From ChatGPT Once on the market, AI-generated content is gradually infiltrating the Internet. Artificial intelligence has been around for decades. But consumer-facing ChatGPT has pushed AI into the mainstream, creating unprecedented accessibility to advanced AI models and demand that businesses are eager to capitalize on.

As a result, businesses and users are leveraging generative AI to produce large volumes of content. While the initial concern is the abundance of content containing inaccuracies, gibberish and misinformation, the long-term effect is a complete degradation of web content into useless garbage.

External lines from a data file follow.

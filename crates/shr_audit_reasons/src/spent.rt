// SPDX-License-Identifier: GPL-2.0-only
//! Counters that were found used up.

ghost use Rattle.std.specs.Prelude.{◌≡◌, ◌<◌, length};
ghost use Rattle.std.specs.Bool.{Decides};
ghost use Rattle.shr_model.specs.Items.{is_closed};
ghost use Rattle.shr_laws.specs.Causes.{IsEndingRight, IsSpent};
ghost use Rattle.shr_laws.specs.Parts.{journals_of, lookups_at};
ghost use Rattle.shr_audit_case.specs.Places.{AreInOrder};
ghost use Rattle.shr_audit_reasons.specs.Counted.{IsCountOf};

use crate::counted::Counted;
use shr_audit_case::places::{index_of, journal_at};
use shr_base::places::Place;
use shr_base::replies::Spent;
use shr_base::scripts::Script;
use shr_base::walks::Ending;
use shr_laws::report::Report;

// The printed lookups of an id.
fn lookups_at(report: &Report, id: u16) -> u32
    ensures { result ≡ lookups_at report.now id }
{
    match report.lookups.get(id as usize) {
        Some(lookups) => *lookups,
        None => 0,
    }
}

/// Whether the journal of a place is closed.
pub fn is_closed_at(script: &Script, report: &Report, counted: &Counted, place: Place) -> bool
    requires order { AreInOrder report.now.places.items }
    requires counted { IsCountOf script.now report.now counted.now }
    ensures { result ≡ is_closed (journals_of report.now place) }
{
    match index_of(report.places.as_slice(), place) {
        Some(k) => counted.closed[k],
        None => false,
    }
}

/// Whether a counter that a worker found used up has these numbers.
pub fn is_spent(
    script: &Script,
    report: &Report,
    counted: &Counted,
    worker: usize,
    spent: Spent,
) -> bool
    requires order { AreInOrder report.now.places.items }
    requires counted { IsCountOf script.now report.now counted.now }
    requires there { worker < length report.now.workers.items }
    ensures { Decides result (IsSpent script.now report.now worker spent) }
{
    match spent {
        Spent::Lookups { id, seen } => { seen >= u32::MAX - 255 && seen <= lookups_at(report, id) }
        Spent::List {
            place,
            entries,
            items,
        } => {
            let len = journal_at(report, place).len();
            (entries > 0x8000_0000 || items > 20_000)
                && (entries == 0 || entries as usize - 1 <= len)
                && items <= counted.puts
        }
        Spent::Charges { charges, uncharges } => {
            (charges >= 1_048_576 || uncharges >= 4_194_304)
                && charges <= counted.ups[worker]
                && uncharges <= counted.downs[worker]
        }
    }
}

/// Whether a pass of a worker that is worn is so by a counter that was used up.
pub fn is_ending_right(
    script: &Script,
    report: &Report,
    counted: &Counted,
    worker: usize,
    ending: Ending,
) -> bool
    requires order { AreInOrder report.now.places.items }
    requires counted { IsCountOf script.now report.now counted.now }
    requires there { worker < length report.now.workers.items }
    ensures { Decides result (IsEndingRight script.now report.now worker ending) }
{
    match ending {
        Ending::Worn { spent } => is_spent(script, report, counted, worker, spent),
        _ => true,
    }
}
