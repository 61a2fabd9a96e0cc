// SPDX-License-Identifier: GPL-2.0-only
//! One journal, replayed.

ghost use Rattle.std.specs.Prelude.{◌≡◌, [], true, if◌then◌else◌, IfOk, OnOk};
ghost use Rattle.shr_model.specs.Families.{lists_moved};
ghost use Rattle.shr_model.specs.Items.{is_closing};
ghost use Rattle.shr_audit_case.specs.Replayed.{took_of, took_after, KeepsOthers};
ghost use Rattle.shr_audit_case.specs.Journals.{IsNew, Advances, Finishes, IsReplayed, given_from};

use crate::items::are_items;
use crate::replayed::replay_with;
use crate::tags::{FreedTag, Tag, note_freed, tags_in};
use crate::values::{FoundValue, note_value};
use shr_base::items::Items;
use shr_base::journals::Entry;
use shr_base::memory::Memory;
use shr_list::queue::Queue;
use std::alloc::Global;
use std::mem::replace;

/// What a journal tells of its list.
#[derive(Drop)]
pub struct Replayed {
    /// The number of objects before each entry, and behind these the number after the last.
    pub lens: Vec<usize>,
    /// The objects that its entries freed, in order.
    pub freed: Vec<FreedTag>,
    /// The values of the objects that its Looks found, in order.
    pub values: Vec<FoundValue>,
    /// The objects that are left, from the head.
    pub left: Vec<Tag>,
    /// Whether the objects that are printed are those that are left.
    pub listed: bool,
    /// Whether each entry says of its outcome what is so.
    pub right: bool,
}

// A replay under way: what the entries so far leave and tell.
#[derive(Drop)]
struct Course {
    queue: Queue,
    // What the list held before its first Closed, once it was closed.
    aside: Queue,
    closed: bool,
    lens: Vec<usize>,
    freed: Vec<FreedTag>,
    values: Vec<FoundValue>,
    right: bool,
}

fn is_closing(entry: &Entry) -> bool
    ensures { result ≡ is_closing entry.now }
{
    matches!(entry, Entry::Closed)
}

impl Course {
    fn new(alloc: Global) -> Course
        ensures { IsNew result }
    {
        Course {
            queue: Queue::new(alloc),
            aside: Queue::new(alloc),
            closed: false,
            lens: Vec::new(alloc),
            freed: Vec::new(alloc),
            values: Vec::new(alloc),
            right: true,
        }
    }

    // Closes the list. What it held is put aside the first time.
    fn close(&mut self, alloc: Global)
        ensures items { self.new.queue.items ≡ [] }
        ensures aside { self.new.aside.items
            ≡ (if self.old.closed then self.old.aside.items else self.old.queue.items) }
        ensures closed { self.new.closed ≡ true }
        ensures lens { self.new.lens ≡ self.old.lens }
        ensures freed { self.new.freed ≡ self.old.freed }
        ensures values { self.new.values ≡ self.old.values }
        ensures right { self.new.right ≡ self.old.right }
    {
        let held = replace(&mut self.queue, Queue::new(alloc));
        if !self.closed {
            self.aside = held;
        }
        self.closed = true;
    }

    // Goes on by an entry.
    fn advance(
        &mut self,
        alloc: Global,
        parents: &[u16],
        group: u16,
        lists: &mut Vec<Queue>,
        entry: &Entry,
    ) -> Result<(), Memory>
        ensures went { OnOk result (Advances
            (took_of parents.now group lists.old.items) self.old self.new entry.now) }
        ensures taken { OnOk result (took_of parents.now group lists.new.items
            ≡ took_after (took_of parents.now group lists.old.items) entry.now) }
        ensures others { OnOk result
            (KeepsOthers parents.now group lists.old.items lists.new.items) }
    {
        let number = self.lens.len();
        self.lens.push(self.queue.len())?;
        if is_closing(entry) {
            self.close(alloc);
            return Ok(());
        }
        let told = replay_with(alloc, parents, group, &mut self.queue, lists, entry)?;
        note_freed(&mut self.freed, number, told.freed.as_slice())?;
        note_value(&mut self.values, number, told.value)?;
        self.right = self.right && told.right;
        Ok(())
    }

    // What was told, and what the list gives to that of its parent group.
    fn finish(self, alloc: Global, printed: &Items) -> Result<(Replayed, Queue), Memory>
        ensures { IfOk result (λ r. Finishes self printed.now.items r.0 r.1.items) }
    {
        let Course {
            queue,
            aside,
            closed,
            mut lens,
            freed,
            values,
            right,
        } = self;
        lens.push(queue.len())?;
        let left = tags_in(alloc, &queue)?;
        let listed = are_items(printed, &queue);
        let given = if closed { aside } else { queue };
        Ok((
            Replayed {
                lens,
                freed,
                values,
                left,
                listed,
                right,
            },
            given,
        ))
    }
}

/// Replays the journal of a group's list, for which the objects `printed` are printed. `lists` has
/// for each child of the group the list that is to be moved in, and the second answer is what this
/// list gives to that of its own parent: what it held before its first Closed, or at the end. It costs
/// an operation of the list's index for each entry, and a scan its visits.
pub fn replay_journal(
    alloc: Global,
    parents: &[u16],
    group: u16,
    entries: &[Entry],
    printed: &Items,
    lists: &mut Vec<Queue>,
) -> Result<(Replayed, Queue), Memory>
    ensures replayed { IfOk result (λ r. IsReplayed (lists_moved
        (took_of parents.now group lists.old.items) entries.now) entries.now
        printed.now.items r.0) }
    ensures given { IfOk result (λ r. r.1.items
        ≡ given_from (took_of parents.now group lists.old.items) [] entries.now) }
    ensures others { OnOk result (KeepsOthers parents.now group lists.old.items lists.new.items) }
{
    let mut course = Course::new(alloc);
    for entry in entries {
        course.advance(alloc, parents, group, lists, entry)?;
    }
    let told = course.finish(alloc, printed)?;
    Ok(told)
}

Garbage goes in, garbage goes out

If you think, The Internet already contains a bunch of useless garbage, it’s true, but it’s different. “There’s a lot of waste out there … but it’s incredibly varied and diverse,” said Nader Henein, vice president analyst at management consulting firm Gartner. As LLMs feed on each other’s content, the quality deteriorates and becomes vaguer, like a photocopy of a photocopy of an image.

Think of it this way: the first version of ChatGPT was the last model to be trained on entirely human-generated content. Since then, each model contains training data whose AI-generated content is difficult to verify or even track. This becomes unreliable, or to put it bluntly, useless data. When this happens, “we lose content quality and accuracy, And we’re losing diversity,” said Henein, a data protection and artificial intelligence researcher. “Everything starts to look like the same thing.”

“Incestuous apprenticeship,” that’s what Henein calls it. “LLMs are just one big family, they just consume each other’s content and cross-pollinate each other, and with each generation you have… more and more trash to the point where the trash exceeds the good content and things start to deteriorate from there.”

As more AI-generated content hits the web, and that content is generated by LLMs trained on AI-generated content, we envision a future web that is completely seamless and completely unreliable. Plus, it’s really boring.

Collapse of the model, collapse of the Internet

Most people I already feel something is wrong.

The tweet may have been deleted

In some of the most high-profile examples, the art is reproduced by robots. Books are swallowed whole and reproduced by LLMs without the permission of the authors. Images and videos using the voices and likenesses of celebrities are made without their consent or compensation.

But existing copyright and intellectual property laws are already in place to protect against such violations. Additionally, some are embracing AI collaboration, like Grimes, which offers revenue-sharing deals with AI music creators and record labels that explore licensing agreements with AI technology companies. On the political level, legislators introduced a Anti-counterfeiting law to protect public figures from AI replicas. The regulations needed to solve all of these problems are not in place, but it is at least imaginable to solve them.

The drop in the overall quality of everything online, however, is a more insidious phenomenon, and researchers have demonstrated why the situation is about to get worse.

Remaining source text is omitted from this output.